She shuddered, but kept moving forward, every step taking her further and further from the safety of the snowy bank. A few paces more and she’d be close enough to take Charlotte’s arm and guide her back, and she clung to that promise as the ice slid under her boots and tempted her to fall.
‘Charlotte?’
With her heart still beating like a drum Honora watched the girl turn, slowly as though in a dream and a hazy smile spreading across her face.
‘Honora, what are you doing here? Were you too hot as well?’
She stepped closer and Honora immediately slid an arm around Charlotte’s back, not wasting a single moment in guiding her towards solid ground. They could talk properly once off the ice, although the relief that wended its way through Honora as Charlotte allowed herself to be shepherded away was so strong she could have sighed out loud. Her heart still leapt, but she had firm hold of Charlotte, her arm tightly clamped against the sodden blanket, and as the bank grew nearer she felt some of the tension leave her frame.

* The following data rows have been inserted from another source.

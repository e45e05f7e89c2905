//! A guard over a `CompactString` that a fallible call returns, and the value after the guard is dropped.
//!
//! `Emptying` plays a library's guard, whose drop changes the value, as a drain's does. The functions below it are its
//! callers.
ghost use Rattle.std.specs.Prelude.{◌≡◌, ◌<◌, [], true, false, Ok, IfOk, OnOk, OnErr, IfSome, IfNone};
ghost use Rattle.std.specs.Borrow.{sem, RestsIfErr};
ghost use Rattle.compact_str.specs.Text.{text_of, size};
ghost use Rattle.compact_str.specs.Calls.{clear};
ghost use Rattle.compact_str.specs.contracts.string.PolicyString.{the_row};

use compact_str::{CompactString, Policy, PolicyString};

/// Shows a text, and removes it when dropped.
pub struct Emptying<'a, P: Policy> {
    value: &'a mut PolicyString<P>,
}

impl<P: Policy> Drop for Emptying<'_, P> {
    fn drop(self)
        ensures { self.exit.0.now ≡ clear self.entry.value.now }
    {
        let Emptying { value } = self;
        value.clear();
    }
}

/// The error for more bytes than allowed.
#[derive(Drop)]
pub struct TooLong {
    len: usize,
}

/// Lends `value` to be emptied. Fails, leaving it unchanged, if it has more than `most` bytes.
fn lend_to_empty<P: Policy>(
    value: &mut PolicyString<P>,
    most: usize,
) -> Result<Emptying<'_, P>, TooLong>
    ensures* refused { sem 𝓛
        (RestsIfErr (the_row P.row P.Policy) value.entry (λ guard. guard.value.ghost_name) result
        (λ v. v ≡ value.old)) }
    ensures same_reference { IfOk result
        (λ guard. guard.value.ghost_name ≡ value.entry.ghost_name) }
    ensures text { IfOk result (λ guard. guard.value.now ≡ value.old) }
    ensures len { OnErr result (most < size value.old.text) }
{
    let len = value.len();
    if most < len {
        return Err(TooLong { len });
    }
    Ok(Emptying { value })
}

/// Empties a value, by `?`, and returns the length it had.
pub fn take_out(value: &mut CompactString, most: usize) -> Result<usize, TooLong>
    ensures len { IfOk result (λ len. len ≡ size value.old.text) }
    ensures cleared { OnOk result (value.new ≡ clear value.old) }
    ensures refused { OnErr result ((value.new ≡ value.old) × (most < size value.old.text)) }
{
    let guard = lend_to_empty(value, most)?;
    let len = guard.value.len();
    drop(guard);
    Ok(len)
}

/// Empties the value without naming the guard, then writes into it.
pub fn start_anew(value: &mut CompactString, text: &str) -> Result<bool, TooLong>
    ensures text { OnOk result (result ≡ Ok true → value.new.text ≡ text_of text.now) }
    ensures refused { OnErr result (100 < size value.old.text) }
{
    drop(lend_to_empty(value, 100)?);
    Ok(value.push_str(text).is_ok())
}

/// Empties an owned value, by `match`.
pub fn emptied(mut value: CompactString, most: usize) -> Result<CompactString, TooLong>
    ensures cleared { IfOk result (λ v. v ≡ clear value) }
    ensures refused { OnErr result (most < size value.text) }
{
    match lend_to_empty(&mut value, most) {
        Ok(guard) => drop(guard),
        Err(refusal) => return Err(refusal),
    }
    Ok(value)
}

/// Empties a value, by `let else`. Leaves it unchanged if that fails.
pub fn try_to_empty(value: &mut CompactString, most: usize) -> bool
    ensures yes { result ≡ true → value.new.text ≡ [] }
    ensures no { result ≡ false → (value.new ≡ value.old) × (most < size value.old.text) }
{
    let Ok(guard) = lend_to_empty(value, most) else {
        return false;
    };
    drop(guard);
    true
}

/// Lends `value` to be emptied, unless it is empty.
fn lend_unless_empty<P: Policy>(value: &mut PolicyString<P>) -> Option<Emptying<'_, P>>
    ensures same_reference { IfSome result
        (λ guard. guard.value.ghost_name ≡ value.entry.ghost_name) }
    ensures text { IfSome result (λ guard. guard.value.now ≡ value.old) }
    ensures none { IfNone result (value.old.text ≡ []) }
{
    if value.is_empty() {
        return None;
    }
    Some(Emptying { value })
}

/// Empties a value, by `if let`, and returns `true` if it had a text.
pub fn was_emptied(value: &mut CompactString) -> bool
    ensures yes { result ≡ true → value.new ≡ clear value.old }
    ensures no { result ≡ false → value.old.text ≡ [] }
{
    if let Some(guard) = lend_unless_empty(value) {
        drop(guard);
        return true;
    }
    false
}
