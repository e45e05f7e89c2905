//! Functions that format, append and intern under one error type, by `?` alone.
#![tactic(auto, using(compact_str::proofs::ForCallers::caller_facts, compact_ext::proofs::ForCallers::shown_facts))]

ghost use Rattle.std.specs.Prelude.{◌≡◌, ◌++◌, ◌∷◌, [], ℕ, Some, OnOk, codes, decimal, slice_get};
ghost use Rattle.compact_str.specs.Text.{text_of};

use compact_edit::{InternError, Interner};
use compact_ext::{ToCompactString, ToCompactStringError, format_compact};
use compact_str::{CompactString, ReserveError};
use std::alloc::Global;
use std::{fmt, io};
use thiserror::Error;

/// Appends a field of any type.
pub fn append_field<T: ToCompactString>(
    alloc: Global,
    line: &mut CompactString,
    name: &str,
    value: &T,
) -> fmt::Result
    ensures { OnOk result (line.new.text
        ≡ line.old.text ++ text_of name.now ++ codes "=" ++ T.shown_text value.now) }
{
    line.push_str(name)?;
    line.push('=')?;
    line.push_str(value.to_compact_string(alloc)?.as_str())?;
    Ok(())
}

/// Appends a row and a column, with an I/O error.
pub fn append_cell(
    alloc: Global,
    line: &mut CompactString,
    column: char,
    row: u32,
) -> io::Result<()>
    ensures { OnOk result (line.new.text ≡ line.old.text ++ column ∷ decimal row) }
{
    line.push_str(format_compact!(in alloc; "{column}{row}")?.as_str())?;
    Ok(())
}

/// The errors of a label.
#[derive(Debug, Drop, Error)]
pub enum LabelError {
    #[error("{0}")]
    Reserve(#[from] ReserveError),
    #[error("{0}")]
    Format(#[from] ToCompactStringError),
}

/// Appends a number in brackets, with an error of its own.
pub fn append_number(alloc: Global, line: &mut CompactString, number: u64) -> Result<(), LabelError>
    ensures { OnOk result (line.new.text
        ≡ line.old.text ++ codes "[" ++ decimal number ++ codes "]") }
{
    line.push('[')?;
    line.push_str(number.to_compact_string(alloc)?.as_str())?;
    line.push(']')?;
    Ok(())
}

/// Interns a name and appends its number.
pub fn add_number(
    names: &mut Interner,
    numbers: &mut Vec<u32>,
    name: &str,
) -> Result<(), InternError>
    ensures { OnOk result ((n : ℕ) × (numbers.new.items ≡ numbers.old.items ++ n ∷ [])
        × (slice_get names.new n ≡ Some (text_of name.now))) }
{
    numbers.push(names.intern(name)?)?;
    Ok(())
}

/// The same for a copy of the name, which a failed push drops.
pub fn add_name(
    alloc: Global,
    names: &mut Interner,
    copies: &mut Vec<CompactString>,
    name: &str,
) -> Result<u32, InternError> {
    let number = names.intern(name)?;
    copies.push(CompactString::new(alloc, name)?)?;
    Ok(number)
}
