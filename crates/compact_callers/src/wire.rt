//! Writing texts in the wire form and reading them. `first_record`, `read_texts`, `sent_and_received` and
//! `pair_sent_and_received` need a proof file.
#![tactic(auto, using(compact_ext::proofs::WireFacts::wire_facts))]

ghost use Rattle.std.specs.Prelude.{◌≡◌, ◌⊎◌, ◌++◌, ◌∷◌, [], ℕ, List, Option, map, Some, IfOk, IfSome, OnOk, MatchOption, MatchResult, IsTrue};
ghost use Rattle.std.specs.List.{All, flat_map};
ghost use Rattle.std.specs.Io.{StartsWith};
ghost use Rattle.std.specs.Io.KnownBytes.{Appends, Consumes, IsAtEnd, Keeps};
ghost use Rattle.compact_str.specs.Capacity.{from_string_placement};
ghost use Rattle.compact_str.specs.Text.{size};
ghost use Rattle.compact_ext.specs.Wire.{wire, HasForm, IsOutsideForm};
ghost use Rattle.compact_ext.specs.WireRecords.{records_left, unread_bytes, GivesNext, GivesRecord, FailsWithin, HasTexts};
ghost use Rattle.compact_ext.specs.declared.wire.WireError.TheVariants.{Utf8};

use compact_ext::wire::{Records, WireError, read_wire, write_wire};
use compact_str::{CompactString, ReserveError};
use std::alloc::Global;
use std::io::{BufRead, Read, Write};

/// Writes a name, then a value.
pub fn send_field<W: Write>(
    name: &CompactString,
    value: &CompactString,
    writer: &mut W,
) -> Result<(), WireError>
    ensures { OnOk result
        (Appends (W.contents writer.old) (W.contents writer.new)
        (wire name.now.text ++ wire value.now.text)) }
{
    write_wire(name, writer)?;
    write_wire(value, writer)
}

/// Reads a name and a value.
pub fn receive_field<R: Read>(
    alloc: Global,
    reader: &mut R,
) -> Result<(CompactString, CompactString), WireError>
    ensures { IfOk result (λ field.
        Consumes (R.remaining reader.old) (R.remaining reader.new)
        (wire field.0.text ++ wire field.1.text)) }
{
    let name = read_wire(alloc, reader)?;
    let value = read_wire(alloc, reader)?;
    Ok((name, value))
}

/// Writes a text into a vector and reads it back.
pub fn sent_and_received(alloc: Global, text: &CompactString) -> Result<CompactString, WireError>
    ensures { IfOk result (λ back. back.text ≡ text.now.text) }
{
    let mut bytes = Vec::new(alloc);
    write_wire(text, &mut bytes)?;
    let mut rest = bytes.as_slice();
    read_wire(alloc, &mut rest)
}

/// Writes two texts into a vector and reads them back.
pub fn pair_sent_and_received(
    alloc: Global,
    name: &CompactString,
    value: &CompactString,
) -> Result<Vec<CompactString>, WireError>
    ensures { IfOk result (λ back.
        map (λ v. v.text) back.items ≡ name.now.text ∷ value.now.text ∷ []) }
{
    let mut bytes = Vec::new(alloc);
    write_wire(name, &mut bytes)?;
    write_wire(value, &mut bytes)?;
    Records::new(alloc, bytes.as_slice()).into_vec()
}

/// Reads the next record, or returns `None` at the end.
pub fn next_record<R: BufRead>(
    alloc: Global,
    reader: &mut R,
) -> Result<Option<CompactString>, WireError>
    ensures taken { IfOk result (λ found. MatchOption found
        (IsAtEnd (R.remaining reader.old) × Keeps (R.remaining reader.old) (R.remaining reader.new))
        (λ v. Consumes (R.remaining reader.old) (R.remaining reader.new) (wire v.text))) }
{
    if is_at_end(reader)? {
        return Ok(None);
    }
    let record = read_wire(alloc, reader)?;
    Ok(Some(record))
}

/// Returns `true` if a reader is at its end.
fn is_at_end<R: BufRead>(reader: &mut R) -> Result<bool, WireError>
    ensures end { IfOk result (λ b. IsTrue b → IsAtEnd (R.remaining reader.old)) }
    ensures kept { Keeps (R.remaining reader.old) (R.remaining reader.new) }
{
    let bytes = reader.fill_buf()?;
    Ok(bytes.is_empty())
}

/// Reads the wire records until the end.
pub fn read_records<R: BufRead + Drop>(
    alloc: Global,
    reader: R,
) -> Result<Vec<CompactString>, WireError>
    ensures taken { IfOk result (λ records.
        IfSome (R.remaining reader) (λ bytes. bytes ≡ flat_map (λ v. wire v.text) records.items)) }
    ensures placed { IfOk result (λ records.
        All (λ v. v.placement ≡ from_string_placement v.text (size v.text)) records.items) }
{
    Records::new(alloc, reader).into_vec()
}

/// Reads the first record, or returns `None` if there is none.
pub fn first_record<R: BufRead + Drop>(
    alloc: Global,
    reader: R,
) -> Result<Option<CompactString>, WireError>
    ensures taken { IfOk result (λ found. IfSome found (λ v.
        IfSome (R.remaining reader) (λ bytes. StartsWith bytes (wire v.text)))) }
    ensures placed { IfOk result (λ found.
        IfSome found (λ v. v.placement ≡ from_string_placement v.text (size v.text))) }
    ensures back { (text rest : List ℕ) → HasForm text
        → R.remaining reader ≡ Some (wire text ++ rest)
        → MatchResult result (λ found. MatchOption found ⊥ (λ v. v.text ≡ text))
        (IsOutsideForm (size text)) }
{
    Records::new(alloc, reader).next().transpose()
}

/// Reads the next text, skipping one record that is not valid UTF-8.
pub fn next_text<R: BufRead + Drop>(
    records: &mut Records<R>,
) -> Option<Result<CompactString, WireError>>
    ensures { GivesRecord R.remaining records.old result records.new
        ⊎ ((behind : Option (List ℕ))
        × FailsWithin (records_left R.remaining records.old) behind Utf8
        × GivesNext behind result (unread_bytes R.remaining result records.new)) }
{
    match records.next() {
        Some(Err(WireError::Utf8)) => records.next(),
        item => item,
    }
}

/// Reads the texts until the end, skipping records that are not valid UTF-8.
#[tactic(auto, using(compact_ext::proofs::WireFacts::passed_text_facts))]
pub fn read_texts<R: BufRead + Drop>(
    alloc: Global,
    reader: R,
) -> Result<Vec<CompactString>, WireError>
    ensures { IfOk result (λ texts.
        IfSome (R.remaining reader) (λ bytes. HasTexts bytes (map (λ v. v.text) texts.items))) }
{
    let mut texts = Vec::new(alloc);
    for item in Records::new(alloc, reader) {
        let text = match item {
            Ok(text) => text,
            Err(WireError::Utf8) => continue,
            Err(fault) => return Err(fault),
        };
        if texts.push(text).is_err() {
            return Err(WireError::Reserve(ReserveError));
        }
    }
    Ok(texts)
}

Isaac would be beside himself that his ward had been found unharmed and as she herded Charlotte gently up on to the snow-covered grass Honora was barely any less delighted herself. The girl was safe. Sweet, kind-hearted Charlotte was alive and, if she was strong enough to walk so far, she must be recovering at last from the ordeal of her labour, although the vague look in her eye and strange tone of her voice still suggested delirium that made Honora pause as Charlotte murmured something in her ear.
‘What was that? I couldn’t quite catch...’
‘Slipper. My slipper. It came off.’
Honora followed the shaking finger pointing back at the lake and her stomach fell into her boots as she saw Charlotte was right. Sitting proudly out on the ice was one bedraggled slipper, and a glance down showed only a stocking covering Charlotte’s left foot.
Honora closed her eyes for a moment, summoning all her exhausted strength not to groan.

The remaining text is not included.